On Tuesday 2009-03-17 14:28, Jan Engelhardt wrote:
>On Tuesday 2009-03-17 14:11, Krzysztof Oledzki wrote:
>> On Tue, 17 Mar 2009, Holger Eitzenberger wrote:
>>> On Mon, Mar 16, 2009 at 05:56:52PM +0100, Patrick McHardy wrote:
>>>
>>>> Currently the default is set based on the old config option.
>>>> When unset, no acct-extend is allocated for *new* conntracks.

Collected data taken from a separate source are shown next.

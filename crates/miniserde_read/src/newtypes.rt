//! The trait `Checked` of newtypes with a check, how one is read, and how a value is read that is written as a string.
//! An `Event` is a token that begins a value, a `Step` an event of a value.
ghost use Rattle.std.specs.Prelude.{◌≡◌, ◌↔◌, Bool, true, Some, None, Ok, Err, IfOk, IfErr, IfSome, IsSome};
ghost use Rattle.miniserde_text.specs.Lexer.{event_of_token};
ghost use Rattle.miniserde_model.specs.declared.error.Error.{Error};
ghost use Rattle.miniserde_read.specs.Meaning.{Meaning};
ghost use Rattle.miniserde_read.specs.Calls.{Reads};
ghost use Rattle.miniserde_read.specs.Events.{event_of, EventInRange, IsStringEvent, on_leaf};
ghost use Rattle.miniserde_read.specs.Newtypes.{checked_meaning, parsed_of, SameMeaning};

use crate::from_json::FromJson;
use crate::source::Source;
use crate::step::Step;
use miniserde_keys::TextValue;
use miniserde_model::error::{Error, Result};
use miniserde_text::json::lex::Event;
use std::alloc::Global;

/// A newtype with a check: `new` makes one of each value of another type that the check accepts, and of no other. Which
/// values the check accepts is said of their contents.
pub trait Checked: Sized + Drop {
    /// The type of the value inside.
    type Inner: FromJson;

    // The value inside.
    ghost inner: { Self → Self.Inner };

    // The meaning of the inner type.
    ghost means: { Meaning Self.Inner };

    // Whether the check accepts a value of the content.
    ghost accepts: { means.Content → Bool };

    /// Returns the newtype of a value, or `None` if the check does not accept it.
    fn new(value: Self::Inner) -> Option<Self>
        ensures some { IfSome result (λ v. inner v ≡ value) }
        ensures accepted { IsSome result ↔ (accepts (means.content value) ≡ true) };

    /// Returns the value inside, which the check accepts.
    fn get(&self) -> &Self::Inner
        ensures inner { result.now ≡ inner self.now }
        ensures accepted { accepts (means.content (inner self.now)) ≡ true };

    // `means` is the meaning by which the inner type is read.
    ghost same: { SameMeaning Self.Inner.means means };
}

/// Reads a newtype with a check, and takes no more of the source. `token` is its first token, and was taken last.
/// Returns `Invalid` if no prefix of the text, from that token on, means a value of the inner type that the check
/// accepts, and `Memory` if an allocation fails.
pub fn read_checked<'a, N: Checked>(token: Event<'a>, source: &mut Source<'a>) -> Result<N>
    requires going { source.old.refused ≡ None }
    requires event { EventInRange (event_of_token token source.old.scratch) }
    ensures reads { Reads (checked_meaning N.means N.accepts N.inner).from_tree
        (checked_meaning N.means N.accepts N.inner).content
        (event_of_token token.entry source.old.scratch) source.old result source.new }
    ensures memory { result ≡ Err Error.Memory
        → N.Inner.lacking (event_of_token token.entry source.old.scratch) source.old source.new }
    ensures infallible { N.Inner.read_infallible ≡ true → IfErr result (λ e. e ≡ Error.Invalid) }
{
    match N::new(<N::Inner as FromJson>::read(token, source)?) {
        Some(value) => Ok(value),
        None => Err(Error::Invalid),
    }
}

/// Returns the value that the event's string is parsed as. Returns `Invalid` if the event is no string, or if its
/// string is parsed as no value, and `Memory` if the event is a string and an allocation fails.
pub fn text_value_from_step<T: TextValue>(alloc: Global, event: Step<'_>) -> Result<T>
    ensures ok { IfOk result (λ v. on_leaf (parsed_of T.parsed) (event_of event.entry) ≡ Some (T.content v)) }
    ensures invalid { result ≡ Err Error.Invalid → on_leaf (parsed_of T.parsed) (event_of event.entry) ≡ None }
    ensures infallible { T.parse_infallible ≡ true → IfErr result (λ e. e ≡ Error.Invalid) }
    ensures memory { result ≡ Err Error.Memory → IsStringEvent (event_of event.entry) }
{
    match event {
        Step::Str(text) => T::parse(alloc, text),
        _ => Err(Error::Invalid),
    }
}
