//! The kind of a container: array or object.

/// The kind of a container: an array or an object (RFC 8259, sections 4 and 5).
#[derive(Clone, Copy, Debug, Drop)]
pub enum Kind {
    /// `[`, elements and `]`.
    Seq,
    /// `{`, members and `}`.
    Map,
}
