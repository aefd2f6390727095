//! Promises about maps that were read: what std's `get` returns.
ghost use Rattle.std.specs.Prelude.{List, ℕ};
ghost use Rattle.std.specs.BTreeMap as ordered;
ghost use Rattle.std.specs.HashMap as hashed;
ghost use Rattle.miniserde_model.specs.Tree.{Tree};
ghost use Rattle.miniserde_read.specs.Lookups.{last_in, last_at, IsValueOf};

use crate::from_json::FromJson;
use miniserde_keys::MapKey;
use std::collections::{BTreeMap, HashMap};
use std::hash::{BuildHasher, Hash};

/// Does nothing. It promises, of a map that was read, that `get` returns for each name the value of the last member
/// of that name, and `None` if no member has it.
pub fn gets_last<T: FromJson>(map: &BTreeMap<String, T>)
    ensures { (t : Tree) → ⟦<BTreeMap<String, T> as FromJson>⟧.means.reads t map.now
        → (name : List ℕ) → IsValueOf T.means.reads (last_in name t) (ordered.get_by_text map.now name) }
{}

/// Does nothing. It promises, of a map that was read, that `get` returns for each key the value of the last member
/// whose name is read as an equal key, and `None` if there is no such member.
pub fn gets_last_by_key<K: MapKey + Ord, T: FromJson>(map: &BTreeMap<K, T>)
    ensures { (t : Tree) → ⟦<BTreeMap<K, T> as FromJson>⟧.means.reads t map.now
        → (k : K) → IsValueOf T.means.reads (last_at K.read K.code (K.code (K.content k)) t) (ordered.get K.cmp map.now k) }
{}

/// Does nothing. It promises, of a `HashMap` that was read, that `get` returns for each key the value of the last
/// member whose name is read as an equal key, and `None` if there is no such member.
pub fn gets_last_by_hashed_key<K: MapKey + Hash, T: FromJson, H: BuildHasher + Default + Drop>(
    map: &HashMap<K, T, H>,
)
    ensures { (t : Tree) → ⟦<HashMap<K, T, H> as FromJson>⟧.means.reads t map.now
        → (k : K) → IsValueOf T.means.reads (last_at K.read K.code (K.code (K.content k)) t) (hashed.get K.eq map.now k) }
{}
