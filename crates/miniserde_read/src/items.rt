//! Reads tuples of any length, as chains of items.
ghost use Rattle.std.specs.Prelude.{◌≡◌, Bool, List, [], ◌∷◌, None, Ok, Err, IfOk};
ghost use Rattle.miniserde_text.specs.Lexer.{event_of_token};
ghost use Rattle.miniserde_model.specs.declared.error.Error.{Error};
ghost use Rattle.miniserde_read.specs.Calls.{Reads};
ghost use Rattle.miniserde_read.specs.Events.{EventInRange};
ghost use Rattle.miniserde_read.specs.Items.{ItemsMeaning, no_items, item_and, ItemsGiveAt, ItemsGiveNoneAt};
ghost use Rattle.miniserde_read.specs.Lacking.{ItemsLack, TupleLacks};
ghost use Rattle.miniserde_read.specs.types.Tuples.{tuple_of};

use crate::children::next_element;
use crate::from_json::FromJson;
use crate::source::Source;
use miniserde_model::error::{Error, Result};
use miniserde_text::json::lex::{After, Event, Kind};

/// A chain of the items of a tuple: an `Item` for each, and `NoItem` at the end.
pub trait Items {
    /// The values of the items, as nested pairs.
    type Values: Drop;

    // Which elements of a list mean which values.
    ghost meaning: { ItemsMeaning Self.Values };

    // The `read_infallible` of each item: if it is true, `read` of the item never returns `Memory`.
    ghost infallible: { List Bool };

    /// Reads the rest of a list: one element for each item of the chain, and the closing bracket.
    /// `first` says that the opening bracket was just taken. Returns `Invalid` if no prefix of the
    /// text is such a rest with elements that mean the items, and `Memory` if an allocation fails.
    fn read_items<'a>(source: &mut Source<'a>, first: bool) -> Result<Self::Values>
        requires { source.old.refused ≡ None }
        ensures going { IfOk result (λ _. source.new.refused ≡ None) }
        ensures ok { IfOk result (λ v. ItemsGiveAt meaning.from_trees first source.old.rest source.new.rest
            (meaning.content v)) }
        ensures invalid { result ≡ Err Error.Invalid → ItemsGiveNoneAt meaning.from_trees first source.old.rest }
        ensures memory { result ≡ Err Error.Memory → ItemsLack infallible first source.old.rest };
}

/// The end of a chain of items.
#[derive(Drop)]
pub struct NoItem {}

impl Items for NoItem {
    type Values = ();

    ghost meaning = { no_items };

    ghost infallible = { [] };

    #[inline(always)]
    fn read_items<'a>(source: &mut Source<'a>, first: bool) -> Result<()> {
        match source.after(Kind::Seq, first)? {
            After::Close => Ok(()),
            After::Next => Err(Error::Invalid),
        }
    }
}

/// An item of the type `T`, and the items after it.
#[derive(Drop)]
pub struct Item<T, R> {
    pub item: T,
    pub rest: R,
}

impl<T: FromJson, R: Items> Items for Item<T, R> {
    type Values = (T, R::Values);

    ghost meaning = { item_and T.means R.meaning };

    ghost infallible = { T.read_infallible ∷ R.infallible };

    #[inline(always)]
    fn read_items<'a>(source: &mut Source<'a>, first: bool) -> Result<(T, R::Values)> {
        let Some(item) = next_element(source, first)? else {
            return Err(Error::Invalid);
        };
        let rest = R::read_items(source, false)?;
        Ok((item, rest))
    }
}

/// Reads a list of one element for each item of the chain `I`, whose first token is `token`, and takes no more of the
/// source. `token` must be the one that was taken last. Returns `Invalid` if the text, from that token on, has no
/// prefix that is a list whose elements mean the items, and `Memory` if an allocation fails.
#[inline(always)]
pub fn read_tuple<'a, I: Items>(token: Event<'a>, source: &mut Source<'a>) -> Result<I::Values>
    requires going { source.old.refused ≡ None }
    requires event { EventInRange (event_of_token token source.old.scratch) }
    ensures reads { Reads (tuple_of I.meaning.from_trees) I.meaning.content
        (event_of_token token.entry source.old.scratch) source.old result source.new }
    ensures memory { result ≡ Err Error.Memory
        → TupleLacks I.infallible (event_of_token token.entry source.old.scratch) source.old source.new }
{
    let Event::SeqStart = token else {
        return Err(Error::Invalid);
    };
    I::read_items(source, true)
}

>>>> The old ones that do have an acct-extend are still displayed.
>>>
>>> I think the current implementation is unfortunate, because the
>>> connbytes match auto-selects CONFIG_NF_CT_ACCT, and you end up having
>>> the message always and can't get rid of it other than patching
>>> it out.
>>
>> This is not exactly true. CONFIG_NF_CT_ACCT only selects the default value, you
>> are still able to disable it with sysctl.
>
>The implication is that xt_connbytes will not do the right thing
>anymore as soon as user accounting is turned off, either by flipping
>the sysctl value or deactivating the kconfig option. That is not
>good.
>
xt_conntrack for example has a nicer effect: once you add a rule that
contains it, it will load nf_conntrack_ipv{4,6}, which in turn causes
Netfilter to start tracking in the first place.
So along the lines, xt_connbytes could pin a module (or perhaps
something more light-weight) to ultimately signify
"forced-activation"/"deactivation-impossible", much like you cannot
remove nf_conntrack while an xt_conntrack-using rule is in place.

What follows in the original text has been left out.